Stored items
──────────────────────────────
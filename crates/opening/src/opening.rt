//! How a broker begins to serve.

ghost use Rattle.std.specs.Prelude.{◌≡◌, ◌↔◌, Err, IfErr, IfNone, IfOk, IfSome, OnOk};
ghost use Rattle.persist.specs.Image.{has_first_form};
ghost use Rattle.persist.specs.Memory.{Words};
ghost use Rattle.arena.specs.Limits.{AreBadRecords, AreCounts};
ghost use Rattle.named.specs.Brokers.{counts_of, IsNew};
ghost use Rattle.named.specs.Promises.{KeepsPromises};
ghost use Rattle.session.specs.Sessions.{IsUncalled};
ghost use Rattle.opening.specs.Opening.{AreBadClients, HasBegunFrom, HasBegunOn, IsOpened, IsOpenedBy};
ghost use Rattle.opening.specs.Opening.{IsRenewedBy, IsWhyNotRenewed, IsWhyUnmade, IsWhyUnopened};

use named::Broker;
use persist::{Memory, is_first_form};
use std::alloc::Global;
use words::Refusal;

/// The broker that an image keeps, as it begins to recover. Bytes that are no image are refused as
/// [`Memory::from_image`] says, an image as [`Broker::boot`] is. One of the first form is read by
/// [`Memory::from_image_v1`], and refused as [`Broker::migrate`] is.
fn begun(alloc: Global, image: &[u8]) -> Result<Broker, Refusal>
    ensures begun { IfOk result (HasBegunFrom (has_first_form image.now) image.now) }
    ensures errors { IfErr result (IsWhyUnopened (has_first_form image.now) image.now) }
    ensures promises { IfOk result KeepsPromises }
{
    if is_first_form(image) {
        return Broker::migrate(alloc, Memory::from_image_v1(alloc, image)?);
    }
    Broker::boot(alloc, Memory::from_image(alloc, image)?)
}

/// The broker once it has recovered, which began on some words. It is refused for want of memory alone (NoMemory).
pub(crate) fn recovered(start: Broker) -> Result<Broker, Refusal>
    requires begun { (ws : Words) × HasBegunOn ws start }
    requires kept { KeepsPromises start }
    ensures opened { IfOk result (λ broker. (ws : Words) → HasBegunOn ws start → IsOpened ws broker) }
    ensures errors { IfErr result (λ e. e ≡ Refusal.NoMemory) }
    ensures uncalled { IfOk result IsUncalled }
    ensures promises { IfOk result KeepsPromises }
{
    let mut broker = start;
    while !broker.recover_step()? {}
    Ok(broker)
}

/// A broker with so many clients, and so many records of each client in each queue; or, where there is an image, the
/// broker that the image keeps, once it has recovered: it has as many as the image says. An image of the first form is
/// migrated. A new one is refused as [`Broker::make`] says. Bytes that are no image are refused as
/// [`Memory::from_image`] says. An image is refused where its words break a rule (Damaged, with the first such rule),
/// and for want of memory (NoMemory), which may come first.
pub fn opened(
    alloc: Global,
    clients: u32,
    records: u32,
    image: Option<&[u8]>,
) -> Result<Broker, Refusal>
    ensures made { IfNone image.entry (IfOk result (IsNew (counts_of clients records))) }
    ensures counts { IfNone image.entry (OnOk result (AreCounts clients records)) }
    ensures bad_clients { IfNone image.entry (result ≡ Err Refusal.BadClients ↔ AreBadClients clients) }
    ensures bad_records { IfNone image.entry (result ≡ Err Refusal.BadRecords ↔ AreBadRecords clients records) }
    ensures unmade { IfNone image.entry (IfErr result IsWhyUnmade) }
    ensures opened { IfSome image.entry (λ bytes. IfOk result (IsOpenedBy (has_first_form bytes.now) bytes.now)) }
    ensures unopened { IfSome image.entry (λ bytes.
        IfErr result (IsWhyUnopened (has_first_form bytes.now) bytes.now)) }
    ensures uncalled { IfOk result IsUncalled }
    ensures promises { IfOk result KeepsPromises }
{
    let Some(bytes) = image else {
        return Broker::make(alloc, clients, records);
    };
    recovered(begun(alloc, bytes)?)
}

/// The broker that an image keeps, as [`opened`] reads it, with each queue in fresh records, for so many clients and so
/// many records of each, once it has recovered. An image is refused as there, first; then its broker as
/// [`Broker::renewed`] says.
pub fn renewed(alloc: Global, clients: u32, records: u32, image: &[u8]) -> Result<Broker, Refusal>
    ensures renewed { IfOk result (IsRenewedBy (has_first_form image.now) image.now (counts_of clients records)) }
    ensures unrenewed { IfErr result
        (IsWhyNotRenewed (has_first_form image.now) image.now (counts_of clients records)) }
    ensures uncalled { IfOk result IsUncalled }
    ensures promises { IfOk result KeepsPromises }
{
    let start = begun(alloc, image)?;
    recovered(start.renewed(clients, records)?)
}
──────────────────────────────
Could you output each line above exactly as it was given?

Your solution:
filename crates/opening/src/opening.rt
//! How a broker begins to serve.

ghost use Rattle.std.specs.Prelude.{◌≡◌, ◌↔◌, Err, IfErr, IfNone, IfOk, IfSome, OnOk};
ghost use Rattle.persist.specs.Image.{has_first_form};
ghost use Rattle.persist.specs.Memory.{Words};
ghost use Rattle.arena.specs.Limits.{AreBadRecords, AreCounts};
ghost use Rattle.named.specs.Brokers.{counts_of, IsNew};
ghost use Rattle.named.specs.Promises.{KeepsPromises};
ghost use Rattle.session.specs.Sessions.{IsUncalled};
ghost use Rattle.opening.specs.Opening.{AreBadClients, HasBegunFrom, HasBegunOn, IsOpened, IsOpenedBy};
ghost use Rattle.opening.specs.Opening.{IsRenewedBy, IsWhyNotRenewed, IsWhyUnmade, IsWhyUnopened};

use named::Broker;
use persist::{Memory, is_first_form};
use std::alloc::Global;
use words::Refusal;

/// The broker that an image keeps, as it begins to recover. Bytes that are no image are refused as
/// [`Memory::from_image`] says, an image as [`Broker::boot`] is. One of the first form is read by
/// [`Memory::from_image_v1`], and refused as [`Broker::migrate`] is.
fn begun(alloc: Global, image: &[u8]) -> Result<Broker, Refusal>
    ensures begun { IfOk result (HasBegunFrom (has_first_form image.now) image.now) }
    ensures errors { IfErr result (IsWhyUnopened (has_first_form image.now) image.now) }
    ensures promises { IfOk result KeepsPromises }
{
    if is_first_form(image) {
        return Broker::migrate(alloc, Memory::from_image_v1(alloc, image)?);
    }
    Broker::boot(alloc, Memory::from_image(alloc, image)?)
}

/// The broker once it has recovered, which began on some words. It is refused for want of memory alone (NoMemory).
pub(crate) fn recovered(start: Broker) -> Result<Broker, Refusal>
    requires begun { (ws : Words) × HasBegunOn ws start }
    requires kept { KeepsPromises start }
    ensures opened { IfOk result (λ broker. (ws : Words) → HasBegunOn ws start → IsOpened ws broker) }
    ensures errors { IfErr result (λ e. e ≡ Refusal.NoMemory) }
    ensures uncalled { IfOk result IsUncalled }
    ensures promises { IfOk result KeepsPromises }
{
    let mut broker = start;
    while !broker.recover_step()? {}
    Ok(broker)
}

/// A broker with so many clients, and so many records of each client in each queue; or, where there is an image, the
/// broker that the image keeps, once it has recovered: it has as many as the image says. An image of the first form is
/// migrated. A new one is refused as [`Broker::make`] says. Bytes that are no image are refused as
/// [`Memory::from_image`] says. An image is refused where its words break a rule (Damaged, with the first such rule),
/// and for want of memory (NoMemory), which may come first.
pub fn opened(
    alloc: Global,
    clients: u32,
    records: u32,
    image: Option<&[u8]>,
) -> Result<Broker, Refusal>
    ensures made { IfNone image.entry (IfOk result (IsNew (counts_of clients records))) }
    ensures counts { IfNone image.entry (OnOk result (AreCounts clients records)) }
    ensures bad_clients { IfNone image.entry (result ≡ Err Refusal.BadClients ↔ AreBadClients clients) }
    ensures bad_records { IfNone image.entry (result ≡ Err Refusal.BadRecords ↔ AreBadRecords clients records) }
    ensures unmade { IfNone image.entry (IfErr result IsWhyUnmade) }
    ensures opened { IfSome image.entry (λ bytes. IfOk result (IsOpenedBy (has_first_form bytes.now) bytes.now)) }
    ensures unopened { IfSome image.entry (λ bytes.
        IfErr result (IsWhyUnopened (has_first_form bytes.now) bytes.now)) }
    ensures uncalled { IfOk result IsUncalled }
    ensures promises { IfOk result KeepsPromises }
{
    let Some(bytes) = image else {
        return Broker::make(alloc, clients, records);
    };
    recovered(begun(alloc, bytes)?)
}

/// The broker that an image keeps, as [`opened`] reads it, with each queue in fresh records, for so many clients and so
/// many records of each, once it has recovered. An image is refused as there, first; then its broker as
/// [`Broker::renewed`] says.
pub fn renewed(alloc: Global, clients: u32, records: u32, image: &[u8]) -> Result<Broker, Refusal>
    ensures renewed { IfOk result (IsRenewedBy (has_first_form image.now) image.now (counts_of clients records)) }
    ensures unrenewed { IfErr result
        (IsWhyNotRenewed (has_first_form image.now) image.now (counts_of clients records)) }
    ensures uncalled { IfOk result IsUncalled }
    ensures promises { IfOk result KeepsPromises }
{
    let start = begun(alloc, image)?;
    recovered(start.renewed(clients, records)?)
}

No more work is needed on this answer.